### Entries shown
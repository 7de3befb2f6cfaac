//! How an association ended.
ghost use Rattle.std.specs.Prelude.{◌≡◌};

use crate::cause::Cause;
use crate::words::{provider_words, rejection_words};
use decisions::Decision;
use metrics::CountedEnd;
use service::{REQUEST, ReadEnd};
use std::fmt;

/// The size in bytes of the headers of a PDU and a presentation data value, by which the limit of a
/// request is below `REQUEST`.
const HEADS: usize = 12;

/// The smallest maximum length of a peer that has room for a fragment.
const LEAST_MAXIMUM: u32 = 8;

/// Why a request was rejected: the source and the reason of the A-ASSOCIATE-RJ, and the number in
/// the request that caused it.
#[derive(Clone, Copy, Debug, PartialEq, Eq)]
pub(crate) struct Rejection {
    pub source: u8,
    pub reason: u8,
    pub about: About,
}

/// The number in a request that caused its rejection.
#[derive(Clone, Copy, Debug, PartialEq, Eq)]
pub(crate) enum About {
    /// No number.
    Nothing,
    /// The size of the body of the request in bytes.
    Length(u32),
    /// The maximum length of a P-DATA-TF PDU that the peer receives.
    Maximum(u32),
}

impl fmt::Display for Rejection {
    fn fmt<W: fmt::Write>(&self, f: &mut fmt::Formatter<W>) -> fmt::Result {
        f.write_str(rejection_words(self.source, self.reason))?;
        match self.about {
            About::Nothing => Ok(()),
            About::Length(length) => {
                let most = REQUEST - HEADS;
                write!(f, " (request of {length} bytes, at most {most})")
            }
            About::Maximum(maximum) => {
                write!(f, " (maximum length {maximum}, at least {LEAST_MAXIMUM})")
            }
        }
    }
}

/// The source and the reason of an A-ABORT (PS3.8 section 9.3.8).
#[derive(Clone, Copy, Debug, PartialEq, Eq)]
pub(crate) struct Abort {
    pub source: u8,
    pub reason: u8,
}

impl Abort {
    ghost use Rattle.journal.specs.Ends.{IsEndOf};

    /// Returns the source and the reason of the A-ABORT with which these bytes end.
    pub(crate) fn ending(bytes: &[u8]) -> Abort
        ensures { IsEndOf bytes.now result }
    {
        if bytes.len() < 2 {
            return Abort {
                source: 0,
                reason: 0,
            };
        }
        Abort {
            source: bytes[bytes.len() - 2],
            reason: bytes[bytes.len() - 1],
        }
    }
}

/// Writes whether the service user or provider aborted, and the reason of a provider.
impl fmt::Display for Abort {
    fn fmt<W: fmt::Write>(&self, f: &mut fmt::Formatter<W>) -> fmt::Result {
        match self.source {
            0 => f.write_str("its application"),
            2 => {
                let why = provider_words(self.reason);
                write!(f, "its provider: {why}")
            }
            _ => f.write_str("a reserved source"),
        }
    }
}

/// How an association ended.
#[derive(Clone, Copy, Debug, PartialEq, Eq)]
pub(crate) enum End {
    /// The peer released it.
    Released,
    /// The request was rejected.
    Rejected(Rejection),
    /// The peer aborted it.
    AbortedByPeer(Abort),
    /// dcmbox aborted it by this A-ABORT, with this decision on what the peer had sent.
    Aborted(Abort, Decision),
    /// Reading ended.
    Read(ReadEnd),
    /// A send failed.
    SendFailed,
    /// The file of a store was committed, but could not be made durable.
    FileLost,
}

impl End {
    ghost use Rattle.journal.specs.Ends.{counted_as};

    /// Returns the counter that this end increments, which matches the words in the log.
    pub(crate) fn counted(self) -> CountedEnd
        ensures { result ≡ counted_as self }
    {
        match self {
            End::Released => CountedEnd::Released,
            End::Rejected(_) => CountedEnd::Rejected,
            End::AbortedByPeer(_) => CountedEnd::AbortedByPeer,
            End::Aborted(..) => CountedEnd::AbortedByBox,
            End::Read(ReadEnd::Closed) => CountedEnd::Closed,
            End::Read(ReadEnd::Timer) => CountedEnd::TimerExpired,
            End::Read(ReadEnd::Idle) => CountedEnd::Idle,
            End::Read(ReadEnd::Longest) => CountedEnd::TooLong,
            End::Read(ReadEnd::Stopped) => CountedEnd::Stopping,
            End::Read(ReadEnd::Failed) | End::SendFailed => CountedEnd::ConnectionFailed,
            End::FileLost => CountedEnd::FileLost,
        }
    }
}

impl fmt::Display for End {
    fn fmt<W: fmt::Write>(&self, f: &mut fmt::Formatter<W>) -> fmt::Result {
        match *self {
            End::Released => f.write_str("released"),
            End::Rejected(rejection) => write!(f, "rejected: {rejection}"),
            End::AbortedByPeer(abort) => {
                let Abort { source, reason } = abort;
                write!(
                    f,
                    "aborted by the peer, {abort} (source {source} reason {reason})"
                )
            }
            End::Aborted(abort, decision) => {
                let cause = Cause(abort, decision);
                write!(f, "aborted by dcmbox, {abort} ({cause})")
            }
            End::Read(ReadEnd::Closed) => f.write_str("closed by the peer"),
            End::Read(ReadEnd::Timer) => f.write_str("ARTIM timer expired"),
            End::Read(ReadEnd::Idle) => f.write_str("aborted: the peer was idle"),
            End::Read(ReadEnd::Longest) => f.write_str("aborted: it lasted too long"),
            End::Read(ReadEnd::Stopped) => f.write_str("aborted: the box stops"),
            End::Read(ReadEnd::Failed) | End::SendFailed => f.write_str("the connection failed"),
            End::FileLost => f.write_str("closed by dcmbox: a file was lost"),
        }
    }
}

### Required work
Wherever the word "Idle" turns up in the material, copy the whole line.

### Answer to this task
            End::Read(ReadEnd::Idle) => CountedEnd::Idle,
            End::Read(ReadEnd::Idle) => f.write_str("aborted: the peer was idle"),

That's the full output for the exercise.